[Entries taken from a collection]
[Start of Attachment]
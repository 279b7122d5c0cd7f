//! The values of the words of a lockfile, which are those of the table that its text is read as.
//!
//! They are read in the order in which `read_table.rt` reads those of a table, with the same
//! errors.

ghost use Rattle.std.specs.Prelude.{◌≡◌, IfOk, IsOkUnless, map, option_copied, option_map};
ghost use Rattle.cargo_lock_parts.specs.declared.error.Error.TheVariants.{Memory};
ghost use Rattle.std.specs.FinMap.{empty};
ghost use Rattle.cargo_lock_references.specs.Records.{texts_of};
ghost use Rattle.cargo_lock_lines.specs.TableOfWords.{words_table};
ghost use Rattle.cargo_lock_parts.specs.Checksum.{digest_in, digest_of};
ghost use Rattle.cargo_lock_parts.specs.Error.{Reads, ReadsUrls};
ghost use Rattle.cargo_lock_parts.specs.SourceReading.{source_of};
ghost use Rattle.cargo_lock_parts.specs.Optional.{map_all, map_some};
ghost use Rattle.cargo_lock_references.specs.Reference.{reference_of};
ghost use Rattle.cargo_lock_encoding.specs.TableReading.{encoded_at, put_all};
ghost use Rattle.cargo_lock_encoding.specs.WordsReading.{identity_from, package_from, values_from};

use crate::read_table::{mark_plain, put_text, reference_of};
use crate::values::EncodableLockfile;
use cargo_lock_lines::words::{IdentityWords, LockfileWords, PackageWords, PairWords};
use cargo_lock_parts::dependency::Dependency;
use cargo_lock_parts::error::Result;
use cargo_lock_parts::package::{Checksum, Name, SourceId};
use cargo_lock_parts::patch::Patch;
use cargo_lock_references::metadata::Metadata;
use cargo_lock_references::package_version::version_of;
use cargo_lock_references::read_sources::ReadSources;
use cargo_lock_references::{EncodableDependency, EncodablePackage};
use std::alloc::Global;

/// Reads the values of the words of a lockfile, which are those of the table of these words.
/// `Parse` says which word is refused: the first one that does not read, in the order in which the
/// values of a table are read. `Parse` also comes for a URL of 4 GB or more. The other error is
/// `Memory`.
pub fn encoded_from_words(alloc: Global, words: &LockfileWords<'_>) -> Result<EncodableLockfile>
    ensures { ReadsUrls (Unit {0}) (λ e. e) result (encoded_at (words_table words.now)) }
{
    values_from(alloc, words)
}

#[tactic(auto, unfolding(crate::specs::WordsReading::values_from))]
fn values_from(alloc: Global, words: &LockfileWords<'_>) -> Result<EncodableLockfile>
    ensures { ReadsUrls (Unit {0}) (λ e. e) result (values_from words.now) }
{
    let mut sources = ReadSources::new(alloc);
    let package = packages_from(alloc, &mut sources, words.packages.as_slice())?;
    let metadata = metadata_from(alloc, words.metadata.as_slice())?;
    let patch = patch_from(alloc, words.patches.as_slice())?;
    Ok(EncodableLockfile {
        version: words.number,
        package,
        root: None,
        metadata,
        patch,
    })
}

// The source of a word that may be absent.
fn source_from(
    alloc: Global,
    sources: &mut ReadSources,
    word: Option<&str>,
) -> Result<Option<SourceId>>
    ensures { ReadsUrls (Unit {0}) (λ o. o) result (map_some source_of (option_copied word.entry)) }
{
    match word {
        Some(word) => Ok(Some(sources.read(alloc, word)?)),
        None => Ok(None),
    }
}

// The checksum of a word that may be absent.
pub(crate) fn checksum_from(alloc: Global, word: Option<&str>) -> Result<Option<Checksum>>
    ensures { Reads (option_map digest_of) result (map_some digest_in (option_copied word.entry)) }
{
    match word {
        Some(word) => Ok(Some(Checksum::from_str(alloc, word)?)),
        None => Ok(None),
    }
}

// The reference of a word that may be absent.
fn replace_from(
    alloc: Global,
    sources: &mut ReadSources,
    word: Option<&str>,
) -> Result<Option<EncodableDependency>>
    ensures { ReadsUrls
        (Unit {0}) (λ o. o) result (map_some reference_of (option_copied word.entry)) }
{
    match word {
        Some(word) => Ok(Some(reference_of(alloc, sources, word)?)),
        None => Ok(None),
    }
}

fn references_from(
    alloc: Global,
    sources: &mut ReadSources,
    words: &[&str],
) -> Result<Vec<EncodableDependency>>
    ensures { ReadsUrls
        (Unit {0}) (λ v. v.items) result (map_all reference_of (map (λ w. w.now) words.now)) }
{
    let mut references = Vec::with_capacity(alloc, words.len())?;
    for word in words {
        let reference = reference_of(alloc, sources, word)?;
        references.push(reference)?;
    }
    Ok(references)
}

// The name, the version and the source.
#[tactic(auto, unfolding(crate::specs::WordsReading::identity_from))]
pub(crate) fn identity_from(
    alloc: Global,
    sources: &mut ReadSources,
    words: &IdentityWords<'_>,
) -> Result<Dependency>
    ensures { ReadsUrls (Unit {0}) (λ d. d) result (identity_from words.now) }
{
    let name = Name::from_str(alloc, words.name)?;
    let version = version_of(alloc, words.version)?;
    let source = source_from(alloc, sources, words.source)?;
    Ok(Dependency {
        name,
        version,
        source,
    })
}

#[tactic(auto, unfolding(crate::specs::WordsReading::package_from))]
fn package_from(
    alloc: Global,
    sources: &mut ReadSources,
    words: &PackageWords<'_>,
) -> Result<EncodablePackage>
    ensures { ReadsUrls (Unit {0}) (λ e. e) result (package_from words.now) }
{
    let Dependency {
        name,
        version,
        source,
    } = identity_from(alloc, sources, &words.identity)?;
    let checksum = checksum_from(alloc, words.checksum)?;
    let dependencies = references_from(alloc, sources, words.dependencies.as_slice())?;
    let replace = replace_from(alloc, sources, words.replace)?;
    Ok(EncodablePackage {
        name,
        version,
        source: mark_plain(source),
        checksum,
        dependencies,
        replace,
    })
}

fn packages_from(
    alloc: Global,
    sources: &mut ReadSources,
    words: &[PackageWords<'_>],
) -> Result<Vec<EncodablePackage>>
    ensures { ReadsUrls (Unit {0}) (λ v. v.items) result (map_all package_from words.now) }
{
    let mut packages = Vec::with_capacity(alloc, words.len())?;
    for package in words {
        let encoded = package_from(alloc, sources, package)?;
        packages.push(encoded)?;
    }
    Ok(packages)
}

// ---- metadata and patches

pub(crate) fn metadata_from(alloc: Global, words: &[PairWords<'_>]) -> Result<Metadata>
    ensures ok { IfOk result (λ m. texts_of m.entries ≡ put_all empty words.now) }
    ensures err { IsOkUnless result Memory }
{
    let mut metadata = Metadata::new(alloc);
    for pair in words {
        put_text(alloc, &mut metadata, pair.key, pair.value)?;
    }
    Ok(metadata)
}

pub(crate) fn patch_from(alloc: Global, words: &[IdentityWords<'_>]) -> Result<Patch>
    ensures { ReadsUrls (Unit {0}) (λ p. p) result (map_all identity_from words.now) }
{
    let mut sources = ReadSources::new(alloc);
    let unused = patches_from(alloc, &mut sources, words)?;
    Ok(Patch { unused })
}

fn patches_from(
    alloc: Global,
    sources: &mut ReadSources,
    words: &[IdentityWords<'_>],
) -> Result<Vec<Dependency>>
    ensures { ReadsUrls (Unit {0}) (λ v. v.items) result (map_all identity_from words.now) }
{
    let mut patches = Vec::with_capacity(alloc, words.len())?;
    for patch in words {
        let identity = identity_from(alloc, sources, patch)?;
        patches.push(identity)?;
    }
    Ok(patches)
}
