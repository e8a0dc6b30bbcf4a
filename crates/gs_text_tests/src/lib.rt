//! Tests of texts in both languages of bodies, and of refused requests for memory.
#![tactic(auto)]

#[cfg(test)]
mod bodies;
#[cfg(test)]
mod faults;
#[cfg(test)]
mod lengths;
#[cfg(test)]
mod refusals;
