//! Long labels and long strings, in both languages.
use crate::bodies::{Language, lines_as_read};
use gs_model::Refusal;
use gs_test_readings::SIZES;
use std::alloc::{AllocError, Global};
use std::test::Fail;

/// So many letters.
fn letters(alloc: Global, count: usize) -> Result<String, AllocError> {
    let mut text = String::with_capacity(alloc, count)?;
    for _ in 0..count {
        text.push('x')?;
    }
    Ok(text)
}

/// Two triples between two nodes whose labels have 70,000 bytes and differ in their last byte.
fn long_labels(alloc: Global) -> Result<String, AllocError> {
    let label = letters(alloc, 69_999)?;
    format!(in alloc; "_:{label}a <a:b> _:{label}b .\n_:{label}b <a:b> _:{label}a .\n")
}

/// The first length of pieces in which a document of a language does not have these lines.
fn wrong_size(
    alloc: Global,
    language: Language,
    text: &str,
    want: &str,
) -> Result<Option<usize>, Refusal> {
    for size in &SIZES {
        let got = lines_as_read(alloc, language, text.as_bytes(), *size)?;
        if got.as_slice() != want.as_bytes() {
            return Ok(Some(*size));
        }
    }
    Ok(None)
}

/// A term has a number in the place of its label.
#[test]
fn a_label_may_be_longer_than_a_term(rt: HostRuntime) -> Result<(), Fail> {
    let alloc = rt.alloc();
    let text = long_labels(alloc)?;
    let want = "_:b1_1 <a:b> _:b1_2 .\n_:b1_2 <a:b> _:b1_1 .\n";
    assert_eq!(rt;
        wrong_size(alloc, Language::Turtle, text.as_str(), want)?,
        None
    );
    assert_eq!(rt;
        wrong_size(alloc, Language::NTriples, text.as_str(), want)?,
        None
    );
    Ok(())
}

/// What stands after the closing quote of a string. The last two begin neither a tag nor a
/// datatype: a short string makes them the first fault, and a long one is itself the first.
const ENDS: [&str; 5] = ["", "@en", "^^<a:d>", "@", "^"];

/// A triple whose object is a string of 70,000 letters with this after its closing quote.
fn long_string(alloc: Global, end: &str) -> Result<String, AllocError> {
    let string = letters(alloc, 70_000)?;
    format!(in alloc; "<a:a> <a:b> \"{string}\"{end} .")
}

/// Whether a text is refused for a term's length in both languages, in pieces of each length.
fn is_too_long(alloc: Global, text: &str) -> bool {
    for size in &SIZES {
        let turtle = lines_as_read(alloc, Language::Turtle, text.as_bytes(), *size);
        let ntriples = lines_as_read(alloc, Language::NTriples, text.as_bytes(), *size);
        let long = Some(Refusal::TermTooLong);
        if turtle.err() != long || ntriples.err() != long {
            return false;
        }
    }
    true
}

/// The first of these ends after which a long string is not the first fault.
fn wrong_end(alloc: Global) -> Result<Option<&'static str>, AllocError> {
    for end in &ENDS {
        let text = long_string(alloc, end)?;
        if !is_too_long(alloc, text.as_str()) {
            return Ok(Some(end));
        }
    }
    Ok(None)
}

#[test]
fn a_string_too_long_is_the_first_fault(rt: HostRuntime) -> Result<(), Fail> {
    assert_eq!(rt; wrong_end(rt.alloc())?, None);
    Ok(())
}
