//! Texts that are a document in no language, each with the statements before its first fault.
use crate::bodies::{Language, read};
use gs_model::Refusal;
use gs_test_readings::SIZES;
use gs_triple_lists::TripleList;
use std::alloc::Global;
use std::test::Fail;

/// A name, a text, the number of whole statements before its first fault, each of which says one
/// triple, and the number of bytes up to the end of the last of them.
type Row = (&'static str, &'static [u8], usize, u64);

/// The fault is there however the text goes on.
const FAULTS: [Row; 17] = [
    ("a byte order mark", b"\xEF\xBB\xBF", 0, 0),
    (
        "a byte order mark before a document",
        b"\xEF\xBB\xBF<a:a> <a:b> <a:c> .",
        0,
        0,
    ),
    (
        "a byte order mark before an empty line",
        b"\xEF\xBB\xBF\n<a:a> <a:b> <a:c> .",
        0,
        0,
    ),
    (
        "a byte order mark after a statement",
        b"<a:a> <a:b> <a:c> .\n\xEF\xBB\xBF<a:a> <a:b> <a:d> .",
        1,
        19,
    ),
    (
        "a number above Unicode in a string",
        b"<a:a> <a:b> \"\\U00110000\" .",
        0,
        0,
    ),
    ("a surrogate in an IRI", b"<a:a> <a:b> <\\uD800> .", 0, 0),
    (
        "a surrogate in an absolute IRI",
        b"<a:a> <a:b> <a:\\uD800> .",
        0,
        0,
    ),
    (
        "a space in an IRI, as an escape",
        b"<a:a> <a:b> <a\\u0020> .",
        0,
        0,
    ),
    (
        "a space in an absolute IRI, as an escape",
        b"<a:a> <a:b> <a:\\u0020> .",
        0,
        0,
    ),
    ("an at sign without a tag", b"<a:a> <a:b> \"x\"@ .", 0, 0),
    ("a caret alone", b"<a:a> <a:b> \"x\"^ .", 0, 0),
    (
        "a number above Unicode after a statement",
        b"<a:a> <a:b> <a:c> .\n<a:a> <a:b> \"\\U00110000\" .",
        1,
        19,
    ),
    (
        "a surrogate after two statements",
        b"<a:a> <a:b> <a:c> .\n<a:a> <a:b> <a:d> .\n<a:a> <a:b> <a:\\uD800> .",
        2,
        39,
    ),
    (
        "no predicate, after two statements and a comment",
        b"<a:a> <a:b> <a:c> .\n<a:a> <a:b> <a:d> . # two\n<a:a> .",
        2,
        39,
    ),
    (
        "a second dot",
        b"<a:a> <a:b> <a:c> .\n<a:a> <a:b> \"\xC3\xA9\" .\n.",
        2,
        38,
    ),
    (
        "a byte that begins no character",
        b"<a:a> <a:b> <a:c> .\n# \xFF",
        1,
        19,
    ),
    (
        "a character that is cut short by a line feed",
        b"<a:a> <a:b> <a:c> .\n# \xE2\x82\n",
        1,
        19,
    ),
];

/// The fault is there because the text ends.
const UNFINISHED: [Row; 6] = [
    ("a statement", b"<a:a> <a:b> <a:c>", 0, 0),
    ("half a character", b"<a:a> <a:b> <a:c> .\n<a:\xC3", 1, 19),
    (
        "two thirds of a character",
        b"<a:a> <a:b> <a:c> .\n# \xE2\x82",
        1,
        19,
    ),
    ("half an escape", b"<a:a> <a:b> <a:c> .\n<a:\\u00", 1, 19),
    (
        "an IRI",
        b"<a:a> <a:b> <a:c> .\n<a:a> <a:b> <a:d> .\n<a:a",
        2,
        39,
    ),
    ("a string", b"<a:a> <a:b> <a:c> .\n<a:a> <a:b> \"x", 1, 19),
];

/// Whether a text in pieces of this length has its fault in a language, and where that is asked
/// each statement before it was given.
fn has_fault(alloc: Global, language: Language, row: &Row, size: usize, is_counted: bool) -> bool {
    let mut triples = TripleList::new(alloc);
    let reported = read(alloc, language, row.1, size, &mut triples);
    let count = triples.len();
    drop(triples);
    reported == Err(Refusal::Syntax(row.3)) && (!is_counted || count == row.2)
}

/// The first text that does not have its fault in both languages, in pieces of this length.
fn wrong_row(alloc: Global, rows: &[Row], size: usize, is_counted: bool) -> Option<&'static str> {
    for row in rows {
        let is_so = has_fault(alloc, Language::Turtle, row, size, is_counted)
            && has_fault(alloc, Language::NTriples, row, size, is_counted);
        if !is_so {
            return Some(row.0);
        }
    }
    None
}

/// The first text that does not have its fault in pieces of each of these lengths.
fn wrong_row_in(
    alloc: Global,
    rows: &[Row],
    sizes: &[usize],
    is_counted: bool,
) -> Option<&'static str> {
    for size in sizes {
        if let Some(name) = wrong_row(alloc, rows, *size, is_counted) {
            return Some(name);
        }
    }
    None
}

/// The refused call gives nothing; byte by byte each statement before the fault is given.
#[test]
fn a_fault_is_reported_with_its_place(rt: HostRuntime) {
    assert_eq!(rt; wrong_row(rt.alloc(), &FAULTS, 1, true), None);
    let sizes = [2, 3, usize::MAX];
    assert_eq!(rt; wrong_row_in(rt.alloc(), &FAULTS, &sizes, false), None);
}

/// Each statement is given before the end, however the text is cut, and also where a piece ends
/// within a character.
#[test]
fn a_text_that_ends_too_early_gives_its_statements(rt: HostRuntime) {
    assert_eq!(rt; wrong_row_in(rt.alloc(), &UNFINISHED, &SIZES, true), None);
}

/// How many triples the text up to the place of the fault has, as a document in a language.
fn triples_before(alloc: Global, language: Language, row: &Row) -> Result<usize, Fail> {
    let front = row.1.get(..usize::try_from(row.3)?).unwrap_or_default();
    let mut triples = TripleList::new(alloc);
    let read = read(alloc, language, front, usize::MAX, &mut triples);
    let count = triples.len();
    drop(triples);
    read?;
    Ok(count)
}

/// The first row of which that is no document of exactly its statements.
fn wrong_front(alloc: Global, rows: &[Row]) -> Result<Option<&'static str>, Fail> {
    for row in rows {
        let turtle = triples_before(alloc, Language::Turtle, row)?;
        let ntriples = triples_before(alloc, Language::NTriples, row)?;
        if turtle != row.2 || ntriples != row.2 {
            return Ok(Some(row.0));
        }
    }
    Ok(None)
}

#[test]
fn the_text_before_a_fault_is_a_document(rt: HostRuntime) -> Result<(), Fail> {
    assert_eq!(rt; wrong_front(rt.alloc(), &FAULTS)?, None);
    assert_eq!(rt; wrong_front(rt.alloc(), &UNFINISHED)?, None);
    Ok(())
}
[End of Attachment]
EXERCISE PROMPT: List each line of the entries that holds the string "repository".

EXERCISE ANSWER:
repository 279b7122d5c0cd7f
repository e8a0dc6b30bbcf4a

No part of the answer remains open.